GIVEN DATA:

// Text cut at a byte.
ghost use Rattle.std.specs.Prelude.{◌≡◌, Some, None, MatchOption};
ghost use Rattle.lexical.specs.Bytes.{cut};

// What stands before and behind the first of a byte; none where there is none.
pub fn cut_at<'a>(text: &'a [u8], byte: u8) -> Option<(&'a [u8], &'a [u8])>
    ensures { MatchOption result (cut byte text.now ≡ None) (λ p. cut byte text.now ≡ Some (p.0.now, p.1.now)) }
{
    // a loop: `position` takes nearly twice the time on a long text
    for (i, b) in text.iter().enumerate() {
        if *b == byte {
            return Some((&text[..i], &text[i + 1..]));
        }
    }
    None
}
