// How many there are of what a line may refer to. It stands beside the value, which is new with each line; this is the
// draft's.
use parts::part::Scope;

#[derive(Clone, Copy)]
pub struct Present {
    pub scope: Scope,
    pub locations: usize,
}
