// Edges, the clocks that they zero, and how many edges there are.
ghost use Rattle.std.specs.Prelude.{◌≡◌};
ghost use Rattle.lexical.specs.declared.key.Key.TheVariants.{Edge as edge_key, Zero as zero_key, Edges as edges_key};
ghost use Rattle.grammar.specs.Lines.{nothing_there};
ghost use Rattle.grammar.specs.Reading.{edge_of};
ghost use Rattle.lines.specs.Values.{part_of, there_of, reset_of, edge_count_of};

use crate::present::Present;
use fields::split::one_field;
use fields::text::FieldText;
use lexical::fault::{Place, SequenceFault};
use parts::part::{Edge, Reset};

// From, to and label of an edge, which has no guard, zeroes no clock and assigns nothing yet.
pub fn edge_line(value: FieldText, present: Present) -> Result<Edge, SequenceFault>
    ensures { result ≡ part_of (there_of present) edge_key edge_of value.entry.at value.entry.bytes.now }
{
    let (x, y, z, _) = value.fields(3)?;
    let from = x.reference(present.locations)?;
    let to = y.reference(present.locations)?;
    let label = z.label(present.scope.counts.triggers, present.scope.counts.channels)?;
    Ok(Edge {
        from,
        to,
        label,
        guard: [None; 4],
        resets: [None; 4],
        assignments: [None; 4],
    })
}

// A clock that is zeroed. Bytes and place stand apart, here and below: one field asks nothing of its column.
pub fn reset_line(value: &[u8], at: Place, present: Present) -> Result<Reset, SequenceFault>
    ensures { result ≡ part_of (there_of present) zero_key reset_of at value.now }
{
    let x = one_field(value, at)?;
    let clock = x.reference(present.scope.counts.clocks as usize)?;
    Ok(Reset { clock })
}

// How many edges there are.
pub fn edge_count_line(value: &[u8], at: Place) -> Result<u32, SequenceFault>
    ensures { result ≡ part_of nothing_there edges_key edge_count_of at value.now }
{
    let x = one_field(value, at)?;
    Ok(x.number(0, 128)?)
}
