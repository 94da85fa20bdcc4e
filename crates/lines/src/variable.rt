// Variables and assignments.
ghost use Rattle.std.specs.Prelude.{◌≡◌};
ghost use Rattle.lexical.specs.declared.key.Key.TheVariants.{Var as var_key, Set as set_key};
ghost use Rattle.grammar.specs.Lines.{nothing_there};
ghost use Rattle.grammar.specs.Reading.{variable_of, assignment_of};
ghost use Rattle.lines.specs.Values.{part_of, there_of};

use crate::present::Present;
use fields::text::FieldText;
use lexical::fault::SequenceFault;
use parts::part::{Assignment, Variable};

// Low, high and start of a variable.
pub fn variable_line(value: FieldText) -> Result<Variable, SequenceFault>
    ensures { result ≡ part_of nothing_there var_key variable_of value.entry.at value.entry.bytes.now }
{
    let (x, y, z, _) = value.fields(3)?;
    let low = x.number(-32768, 32767)?;
    let high = y.number(low, 32767)?;
    let start = z.number(low, high)?;
    Ok(Variable { low, high, start })
}

// The variable that is set, the one that it takes or none, and the constant.
pub fn assignment_line(value: FieldText, present: Present) -> Result<Assignment, SequenceFault>
    ensures { result ≡ part_of (there_of present) set_key assignment_of value.entry.at value.entry.bytes.now }
{
    let (x, y, z, _) = value.fields(3)?;
    let target = x.reference(present.scope.variables)?;
    let source = y.optional_reference(present.scope.variables)?;
    let constant = z.number(-32768, 32767)?;
    Ok(Assignment {
        target,
        source,
        constant,
    })
}
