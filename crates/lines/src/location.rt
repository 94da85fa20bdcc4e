// Locations and their invariants.
ghost use Rattle.std.specs.Prelude.{◌≡◌};
ghost use Rattle.lexical.specs.declared.key.Key.TheVariants.{Loc as location_key, Inv as invariant_key};
ghost use Rattle.grammar.specs.Reading.{location_of, invariant_of};
ghost use Rattle.lines.specs.Values.{part_of, there_of};

use crate::present::Present;
use fields::text::FieldText;
use lexical::fault::SequenceFault;
use parts::part::{Invariant, Location};

// The automaton of a location and its task or none; it has no invariant yet.
pub fn location_line(value: FieldText, present: Present) -> Result<Location, SequenceFault>
    ensures { result ≡ part_of (there_of present) location_key location_of value.entry.at value.entry.bytes.now }
{
    let (x, y, _, _) = value.fields(2)?;
    let automaton = x.reference(present.scope.counts.automata as usize)?;
    let task = y.optional_reference(present.scope.tasks)?;
    Ok(Location {
        automaton,
        task,
        invariants: [None; 2],
    })
}

// The clock, whether it has to stay below the bound, and the bound.
pub fn invariant_line(value: FieldText, present: Present) -> Result<Invariant, SequenceFault>
    ensures { result ≡ part_of (there_of present) invariant_key invariant_of value.entry.at value.entry.bytes.now }
{
    let (x, y, z, _) = value.fields(3)?;
    let clock = x.reference(present.scope.counts.clocks as usize)?;
    let strict = y.strictness()?;
    let bound = z.number(0, 1000000000)?;
    Ok(Invariant {
        clock,
        strict,
        bound,
    })
}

WORK ORDER: The data above must be restated word for word.

ANSWER FOR THIS EXERCISE:
// Text cut at a byte.
ghost use Rattle.std.specs.Prelude.{◌≡◌, Some, None, MatchOption};
ghost use Rattle.lexical.specs.Bytes.{cut};

// What stands before and behind the first of a byte; none where there is none.
pub fn cut_at<'a>(text: &'a [u8], byte: u8) -> Option<(&'a [u8], &'a [u8])>
    ensures { MatchOption result (cut byte text.now ≡ None) (λ p. cut byte text.now ≡ Some (p.0.now, p.1.now)) }
{
    // a loop: `position` takes nearly twice the time on a long text
    for (i, b) in text.iter().enumerate() {
        if *b == byte {
            return Some((&text[..i], &text[i + 1..]));
        }
    }
    None
}
// How many there are of what a line may refer to. It stands beside the value, which is new with each line; this is the
// draft's.
use parts::part::Scope;

#[derive(Clone, Copy)]
pub struct Present {
    pub scope: Scope,
    pub locations: usize,
}
// Edges, the clocks that they zero, and how many edges there are.
ghost use Rattle.std.specs.Prelude.{◌≡◌};
ghost use Rattle.lexical.specs.declared.key.Key.TheVariants.{Edge as edge_key, Zero as zero_key, Edges as edges_key};
ghost use Rattle.grammar.specs.Lines.{nothing_there};
ghost use Rattle.grammar.specs.Reading.{edge_of};
ghost use Rattle.lines.specs.Values.{part_of, there_of, reset_of, edge_count_of};

use crate::present::Present;
use fields::split::one_field;
use fields::text::FieldText;
use lexical::fault::{Place, SequenceFault};
use parts::part::{Edge, Reset};

// From, to and label of an edge, which has no guard, zeroes no clock and assigns nothing yet.
pub fn edge_line(value: FieldText, present: Present) -> Result<Edge, SequenceFault>
    ensures { result ≡ part_of (there_of present) edge_key edge_of value.entry.at value.entry.bytes.now }
{
    let (x, y, z, _) = value.fields(3)?;
    let from = x.reference(present.locations)?;
    let to = y.reference(present.locations)?;
    let label = z.label(present.scope.counts.triggers, present.scope.counts.channels)?;
    Ok(Edge {
        from,
        to,
        label,
        guard: [None; 4],
        resets: [None; 4],
        assignments: [None; 4],
    })
}

// A clock that is zeroed. Bytes and place stand apart, here and below: one field asks nothing of its column.
pub fn reset_line(value: &[u8], at: Place, present: Present) -> Result<Reset, SequenceFault>
    ensures { result ≡ part_of (there_of present) zero_key reset_of at value.now }
{
    let x = one_field(value, at)?;
    let clock = x.reference(present.scope.counts.clocks as usize)?;
    Ok(Reset { clock })
}

// How many edges there are.
pub fn edge_count_line(value: &[u8], at: Place) -> Result<u32, SequenceFault>
    ensures { result ≡ part_of nothing_there edges_key edge_count_of at value.now }
{
    let x = one_field(value, at)?;
    Ok(x.number(0, 128)?)
}
repository 94da85fa20bdcc4e
filename crates/lines/src/variable.rt
// Variables and assignments.
ghost use Rattle.std.specs.Prelude.{◌≡◌};
ghost use Rattle.lexical.specs.declared.key.Key.TheVariants.{Var as var_key, Set as set_key};
ghost use Rattle.grammar.specs.Lines.{nothing_there};
ghost use Rattle.grammar.specs.Reading.{variable_of, assignment_of};
ghost use Rattle.lines.specs.Values.{part_of, there_of};

use crate::present::Present;
use fields::text::FieldText;
use lexical::fault::SequenceFault;
use parts::part::{Assignment, Variable};

// Low, high and start of a variable.
pub fn variable_line(value: FieldText) -> Result<Variable, SequenceFault>
    ensures { result ≡ part_of nothing_there var_key variable_of value.entry.at value.entry.bytes.now }
{
    let (x, y, z, _) = value.fields(3)?;
    let low = x.number(-32768, 32767)?;
    let high = y.number(low, 32767)?;
    let start = z.number(low, high)?;
    Ok(Variable { low, high, start })
}

// The variable that is set, the one that it takes or none, and the constant.
pub fn assignment_line(value: FieldText, present: Present) -> Result<Assignment, SequenceFault>
    ensures { result ≡ part_of (there_of present) set_key assignment_of value.entry.at value.entry.bytes.now }
{
    let (x, y, z, _) = value.fields(3)?;
    let target = x.reference(present.scope.variables)?;
    let source = y.optional_reference(present.scope.variables)?;
    let constant = z.number(-32768, 32767)?;
    Ok(Assignment {
        target,
        source,
        constant,
    })
}
filename crates/lines/src/location.rt
repository 94da85fa20bdcc4e
// Locations and their invariants.
ghost use Rattle.std.specs.Prelude.{◌≡◌};
ghost use Rattle.lexical.specs.declared.key.Key.TheVariants.{Loc as location_key, Inv as invariant_key};
ghost use Rattle.grammar.specs.Reading.{location_of, invariant_of};
ghost use Rattle.lines.specs.Values.{part_of, there_of};

use crate::present::Present;
use fields::text::FieldText;
use lexical::fault::SequenceFault;
use parts::part::{Invariant, Location};

// The automaton of a location and its task or none; it has no invariant yet.
pub fn location_line(value: FieldText, present: Present) -> Result<Location, SequenceFault>
    ensures { result ≡ part_of (there_of present) location_key location_of value.entry.at value.entry.bytes.now }
{
    let (x, y, _, _) = value.fields(2)?;
    let automaton = x.reference(present.scope.counts.automata as usize)?;
    let task = y.optional_reference(present.scope.tasks)?;
    Ok(Location {
        automaton,
        task,
        invariants: [None; 2],
    })
}

// The clock, whether it has to stay below the bound, and the bound.
pub fn invariant_line(value: FieldText, present: Present) -> Result<Invariant, SequenceFault>
    ensures { result ≡ part_of (there_of present) invariant_key invariant_of value.entry.at value.entry.bytes.now }
{
    let (x, y, z, _) = value.fields(3)?;
    let clock = x.reference(present.scope.counts.clocks as usize)?;
    let strict = y.strictness()?;
    let bound = z.number(0, 1000000000)?;
    Ok(Invariant {
        clock,
        strict,
        bound,
    })
}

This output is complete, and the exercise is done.